Hey 10yearquest, nobody has any problem with what you did. We like to poke fun once in a while. Seriously, congrates on getting a deer but more importantly for taking your daughter out with you.


----------



## longbow (Mar 31, 2009)

bufflehead3 said:


> And that is why we have such a lack of pics lately. People cant post a pic without some one bitching about it. Just look at the **** deer and stop picking every picture apart!

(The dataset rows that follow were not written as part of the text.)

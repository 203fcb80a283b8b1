//! Ground terms over the functions that a problem has of its own.
//!
//! A printed answer may have symbols that its problem has not. They are numbered behind the problem's own.
ghost use Rattle.std.specs.Prelude.{◌≡◌};
ghost use Rattle.std.specs.List.{list_all};
ghost use Rattle.me_terms.specs.Terms.{arguments_of};
ghost use Rattle.me_terms.specs.TermViews.{term_value};
ghost use Rattle.answer_check.specs.Own.{are_own_terms, is_own_term};

use me_terms::{Literal, Term, Terms};

/// Whether the term has no variable, and its functions have numbers below this one.
#[cycle(is_own)]
fn is_own_term(term: &Term, functions: u32) -> bool
    ensures { result ≡ is_own_term functions (term_value term.now) }
{
    match term {
        Term::Var(_) => false,
        Term::App { f, args } => *f < functions && are_own_terms(args, functions),
    }
}

/// Whether this holds of each of the terms.
#[cycle(is_own)]
fn are_own_terms(terms: &Terms, functions: u32) -> bool
    ensures { result ≡ are_own_terms functions (arguments_of terms.now.items) }
{
    for k in 0..terms.len() {
        let Some(term) = terms.get(k) else {
            unreachable!();
        };
        if !is_own_term(term, functions) {
            return false;
        }
    }
    true
}

/// Whether it holds of all arguments of the literals.
pub(crate) fn are_own_literals(literals: &[Literal], functions: u32) -> bool
    ensures { result ≡ list_all (λ l. are_own_terms functions l.atom.args) literals.now }
{
    for literal in literals {
        if !are_own_terms(&literal.atom.args, functions) {
            return false;
        }
    }
    true
}
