//! The line that parts a problem from the answer behind it.
ghost use Rattle.std.specs.Prelude.{◌≡◌, ◌++◌, ◌∷◌, ◌<◌, length, codes, IsTrue, ◌↔◌};
ghost use Rattle.szs_read.specs.Lines.{lines};
ghost use Rattle.answer_check.specs.Marks.{answer_bytes, is_mark, problem_bytes};

/// The first line, with the line feed that ends it, and what follows.
fn split_line(bytes: &[u8]) -> (&[u8], &[u8])
    requires { 0 < length bytes.now }
    ensures cut { lines bytes.now ≡ result.0.now ∷ lines result.1.now }
    ensures whole { bytes.now ≡ result.0.now ++ result.1.now }
    ensures some { 0 < length result.0.now }
{
    for k in 0..bytes.len() {
        if bytes[k] == b'\n' {
            return bytes.split_at(k + 1);
        }
    }
    bytes.split_at(bytes.len())
}

/// Whether the line is the one behind which an answer stands.
fn is_mark_line(line: &[u8]) -> bool
    ensures { result ≡ is_mark line.now }
{
    line == b"% ANSWER\n".as_slice() || line == b"% ANSWER".as_slice()
}

/// What stands before the first such line and what stands behind it, or all bytes and none.
pub(crate) fn part(input: &[u8]) -> (&[u8], &[u8])
    ensures problem { result.0.now ≡ problem_bytes input.now }
    ensures answer { result.1.now ≡ answer_bytes input.now }
{
    let mut at = 0;
    while at < input.len() {
        let (line, rest) = split_line(&input[at..]);
        if is_mark_line(line) {
            return (&input[..at], rest);
        }
        at = input.len() - rest.len();
    }
    input.split_at(input.len())
}
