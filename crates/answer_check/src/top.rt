//! The top call.
//!
//! It takes everything from outside through its arguments, so what it does is known for every source and
//! every sink. Each status but 7 comes for its cause alone.
ghost use Rattle.std.specs.Prelude.{◌≡◌, ◌≢◌, IfOk, IfErr};
ghost use Rattle.szs_print.specs.RefusalText.{refusal_text};
ghost use Rattle.answer_check.specs.Checks.{CheckWrote, IsCause, IsChecked, IsWrittenOut, check_name, refusal_status};

use crate::checking::{Checked, check_input};
use me_io::{ReadError, Sink, Source, read_all, write_all};
use std::alloc::Global;
use szs_print::{Refusal, write_refusal};

/// The name in the text of a refusal.
const NAME: &[u8] = b"stdin";

/// The text of what is said of the bytes of the source, or why there is none.
fn check_source<S: Source>(alloc: Global, source: &mut S) -> Result<Checked, Refusal>
    ensures checked { IfOk result (λ checked. IsChecked S.left S.given S.ended source.old source.new checked.status checked.text.items) }
    ensures own { IfOk result (λ checked. checked.status ≢ 6) }
    ensures refused { IfErr result (IsCause S.left S.given S.ended S.faults source.old source.new) }
{
    match read_all(alloc, source) {
        Ok(input) => check_input(alloc, &input),
        Err(ReadError::Fault) => Err(Refusal::Read),
        Err(ReadError::TooLong) => Err(Refusal::Length),
        Err(ReadError::Memory) => Err(Refusal::Memory),
    }
}

/// Reads a problem and a printed answer from the source, and writes to the sink whether the answer shows
/// what it claims, or why it was not checked.
///
/// `words` are the program's name alone. The result is the exit status: 0 for a yes, 1 for words that are
/// not accepted, 2 for a problem that is refused by the grammar, 3 for one that lies outside of the
/// profile, 4 for one that passes a limit, 5 for a fault of the source, 6 for a fault of the sink, 7 for
/// want of memory, 8 for a no, 9 for an answer that can't be read, and 10 for one that claims nothing.
pub fn run_check<S: Source, K: Sink>(
    alloc: Global,
    words: &Vec<String>,
    source: &mut S,
    sink: &mut K,
) -> u8
    ensures wrote { CheckWrote S.left S.given S.ended S.faults K.written K.faults words.now.items source.old source.new sink.old sink.new result }
{
    if words.len() != 1 {
        return tell(sink, &Refusal::Usage);
    }
    match check_source(alloc, source) {
        Ok(checked) => write_text(sink, &checked.text, checked.status),
        Err(refusal) => tell(sink, &refusal),
    }
}

/// Writes the text, and gives the status, or 6 where the sink failed.
fn write_text<K: Sink>(sink: &mut K, text: &[u8], status: u8) -> u8
    requires { status ≢ 6 }
    ensures { IsWrittenOut (K.written sink.old) (K.written sink.new) (K.faults sink.old) (K.faults sink.new) status text.now result }
{
    match write_all(sink, text) {
        Ok(()) => status,
        Err(_) => 6,
    }
}

/// Writes the refusal, and gives its exit status, or 6 where the sink failed.
fn tell<K: Sink>(sink: &mut K, refusal: &Refusal) -> u8
    ensures { IsWrittenOut (K.written sink.old) (K.written sink.new) (K.faults sink.old) (K.faults sink.new) (refusal_status refusal.now) (refusal_text check_name refusal.now) result }
{
    match write_refusal(sink, NAME, refusal) {
        Ok(()) => status_of(refusal),
        Err(_) => 6,
    }
}

/// The exit status of a refusal.
fn status_of(refusal: &Refusal) -> u8
    ensures { result ≡ refusal_status refusal.now }
{
    match refusal {
        Refusal::Usage => 1,
        Refusal::Syntax { .. } => 2,
        Refusal::Inappropriate { .. } => 3,
        Refusal::Limit { .. } | Refusal::Length => 4,
        Refusal::Read => 5,
        Refusal::Memory => 7,
    }
}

I'd like to report Mr Bufflehead to the forum authorities for saying a bad word.


----------



## Treehugnhuntr (Sep 7, 2007)

I have written up a 3 page report regarding the perpetrators use of foul language. I'll enter his information into CODIS to see if he is guilty of similar infractions on other forums and/or threads and take the necessary actions to make sure it doesn't happen again. 

Thanks,

Tree T Treehugger, secretary/forum relations committee.


----------



## proutdoors (Sep 24, 2007)

Well done 10yearquest!


----------



## Yonni (Sep 7, 2007)

Treehugnhuntr said:


> I have written up a 3 page report regarding the perpetrators use of foul language. I'll enter his information into CODIS to see if he is guilty of similar infractions on other forums and/or threads and take the necessary actions to make sure it doesn't happen again.
> 
> Thanks,
> 
> Tree T Treehugger, secretary/forum relations committee.


Did Berg just use your account Tree?


----------



## proutdoors (Sep 24, 2007)

:O•-:


----------



## dkhntrdstn (Sep 7, 2007)

I got mine on sept 24. No pic sorry.


----------



## ogdenbayduckslayer (Oct 8, 2009)

longbow said:


> ogdenbayduckslayer said:
> 
> 
> > Heres mine i shot wednesday. Big ol 0x0 :mrgreen:
> ...


 I like your style  Thanks for the comment!


----------



## duneman101 (Nov 6, 2009)

I took a spin up above bountiful on sunday morning and saw 7 gutpiles on the road before i got the top, also saw a couple up parleys... someone is managing the does....


congrats on the kills guys.


----------